- Kafka takes only bytes as input data .No data verification ie data that you send kafka as bytes are just stored in brokers and the when asked is given to consumers,no data transformation and hence NO CPU usage at broker level.
- Problem with this byte approach is if Kafka Producers changes schema and writes data to broker then the corresponding consumer which reads it also needs to change else it will break.
- For this we will have SchemaRegistry : which needs to impose schema check,schema evoution and lightweigth.
- Basically we can write and read data in Avro directly into kafka but the problem is Avro will have coresponding schema also saved with the data for each record and to avoid this space consumption and delay ,we can save schema of a message in SchemaRegistry and then SchemaRegistry will return a unique id for that Schema which will be saved along with data by Producer.Now when consumer reads it it will refer to schema registry and get the correspoding schema for the message based on the id.All the interaction with SchemaRegistry is done at Serialization level.
- Avro is the only one supported in SchemaRegistry.Each message in Kafka needs to be independent and self sufficient and hence the benfit we ideally get from Columnar format like Parquet/ORC is not valid in Kafka.
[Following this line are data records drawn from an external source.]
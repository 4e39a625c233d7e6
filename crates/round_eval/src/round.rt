ghost use Rattle.std.specs.Prelude.{IfOk};
ghost use Rattle.round_eval.specs.Later.{IsLater};

use crate::engine::Engine;
use crate::going::go_on;
use crate::hints::Runner;
use crate::moving::{put_all, take_all};
use crate::side_by_side::{any_ran, run_all};
use det_core::meet;
use space_step::{Advance, Next};
use space_tree::{Path, Space};
use std::alloc::AllocError;
use std::thread::Threads;

// For how many events a space that did not come through its last quantum goes on in its place before it is moved to a thread.
const TRIAL: u32 = 2048;

// A space goes on in its place for the first events of its quantum. Where it comes through them, the rest is a turn.
#[tactic(auto, using(crate::proofs::Later::nothing_new, crate::proofs::Later::went))]
fn try_out(
    engine: &mut Engine,
    space: &mut Space,
    runner: Runner,
    turns: &mut Vec<Path>,
) -> Result<bool, AllocError>
    ensures { IfOk result (λ some. IsLater some space.old space.new) }
{
    let first = engine.pace.quantum.min(TRIAL);
    let Some(Advance { ran, next }) = go_on(space, &runner.path, first, &mut engine.cache)? else {
        return Ok(false);
    };
    let next = next.ok_or(AllocError)?;
    if next == Next::Local {
        turns.push(runner.path)?;
    } else {
        engine.hints.note(runner.path, next)?;
    }
    Ok(ran > 0)
}

// A space that came through its last quantum has a turn at once; another is tried out.
#[tactic(auto, using(crate::proofs::Later::nothing))]
fn begin(
    engine: &mut Engine,
    space: &mut Space,
    runner: Runner,
    turns: &mut Vec<Path>,
) -> Result<bool, AllocError>
    ensures { IfOk result (λ some. IsLater some space.old space.new) }
{
    if !runner.came_through {
        return try_out(engine, space, runner, turns);
    }
    turns.push(runner.path)?;
    Ok(false)
}

// As `begin`, of each space that may run.
#[tactic(auto, using(crate::proofs::Later::nothing))]
fn begin_all(
    engine: &mut Engine,
    space: &mut Space,
    turns: &mut Vec<Path>,
) -> Result<bool, AllocError>
    ensures { IfOk result (λ some. IsLater some space.old space.new) }
{
    let mut some = false;
    for runner in engine.hints.take_running() {
        let went = begin(engine, space, runner, turns)?;
        some = some || went;
    }
    Ok(some)
}

// Turns side by side, out of the tree.
#[tactic(auto, using(crate::proofs::Jobs::all_back, crate::proofs::Later::went))]
fn go_together(
    rt: &(impl Threads + Sync),
    engine: &mut Engine,
    space: &mut Space,
    turns: Vec<Path>,
) -> Result<bool, AllocError>
    ensures { IfOk result (λ some. IsLater some space.old space.new) }
{
    let most = engine.most_events(turns.len());
    let jobs = take_all(engine.alloc, space, turns, most)?;
    let dones = run_all(rt, engine, jobs)?;
    let some = any_ran(&dones);
    put_all(space, dones, &mut engine.hints)?;
    Ok(some)
}

// The call at a path meets its children, where its time has come.
fn meet_one(engine: &mut Engine, space: &mut Space, path: Path) -> Result<bool, AllocError>
    ensures { IfOk result (λ some. IsLater some space.old space.new) }
{
    match meet(engine.alloc, space, &path)? {
        Some(call) => {
            engine.hints.met(path, call)?;
            Ok(true)
        }
        None => Ok(false),
    }
}

// As `meet_one`, of each call whose time may have come, in the order of paths.
#[tactic(auto, using(crate::proofs::Later::nothing))]
fn meet_all(engine: &mut Engine, space: &mut Space) -> Result<bool, AllocError>
    ensures { IfOk result (λ some. IsLater some space.old space.new) }
{
    let mut some = false;
    for path in engine.hints.take_calls() {
        let went = meet_one(engine, space, path)?;
        some = some || went;
    }
    Ok(some)
}

// Each space that has local events goes on for the quantum, or several where nobody waits.
fn go_all(
    rt: &(impl Threads + Sync),
    engine: &mut Engine,
    space: &mut Space,
) -> Result<bool, AllocError>
    ensures { IfOk result (λ some. IsLater some space.old space.new) }
{
    let mut turns = Vec::new(engine.alloc);
    let began = begin_all(engine, space, &mut turns)?;
    if engine.tries_calls(began) {
        engine.hints.keep(turns)?;
        return Ok(began);
    }
    let went = go_together(rt, engine, space, turns)?;
    Ok(began || went)
}

/// One round: each space that has local events goes on for the quantum, or several where nobody waits, and then each call meets its children
/// whose time has come, in the order of paths. It answers whether there was an event, and puts into the hints where to look next. The one error is
/// want of memory.
pub(crate) fn round(
    rt: &(impl Threads + Sync),
    engine: &mut Engine,
    space: &mut Space,
) -> Result<bool, AllocError>
    ensures { IfOk result (λ some. IsLater some space.old space.new) }
{
    let went = go_all(rt, engine, space)?;
    engine.hints.end_turns();
    let met = meet_all(engine, space)?;
    Ok(went || met)
}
- Schema registry has a option as what type of Evloution of SChema we need to support.Default is "backward".We can also set it None,Forward,Full.
kafka-avro-console-producer \
--broker-list 127.0.0.1:9092 --topic test-avro \
--property schema.registry.url=http://127.0.0.1:8081 \
--property value.schema='{"type":"record","name":"myrecord","fields":[{"name":"f1","type":"string"}]}'
{"f1" : "value1"} =>Works
{"f2" : "value2"} => Error
{"f1" :12} => Error
{"f1" : "value2"} => Works
We will have one Schema per Topic in Schema Registry and this can be evolved based on Avro Compatibility.In Schema Resgistry it will be named as <topic_name>-value assuming the schema is for the value.